Update the security policy displayed on GitHub, SECURITY.md, to refer visitors to the HackerOne WordPress program for the full policy.

This allows the project to maintain a single source of truth and avoid the potential for conflicting information across the two sites.

Props desrosj, hellofromTonya, costdev.
Fixes #57937.

#12 @peterwilsoncc
15 months ago

  • Keywords fixed-major added
  • Resolution fixed deleted
  • Status changed from closed to reopened

Reopening for backport, maybe.

This is milestoned for 6.2.1 but I am not sure if it will need to be backported.

The security tab and the link in the sidebar of a GitHub repository always link to the default branch's copy of the file.

SECURITY.md in the file list opens the copy for the branch/tag the vistor is currently viewing. It may be handy to have an up-to-date copy of the policy in the 6.2 branch and future tags.

#13 @desrosj
15 months ago

I think backporting to the currently supported branch makes sense, especially where 6.3 is not due out until August.

#14 @peterwilsoncc
15 months ago

  • Resolution set to fixed
  • Status changed from reopened to closed

In 55679:

Security: Update GitHub security policy to refer to H1.

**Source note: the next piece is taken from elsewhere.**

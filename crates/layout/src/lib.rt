// Laws of the tables: reading what was written, writing what was read, and what 'broken' means. Proofs alone: no code.
#![tactic(auto)]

Update the security policy displayed on GitHub, SECURITY.md, to refer visitors to the HackerOne WordPress program for the full policy.

This allows the project to maintain a single source of truth and avoid the potential for conflicting information across the two sites.

Props desrosj, hellofromTonya, costdev.
Merges [55670] to the 6.2 branch.
Fixes #57937.

Note: See TracTickets for help on using tickets.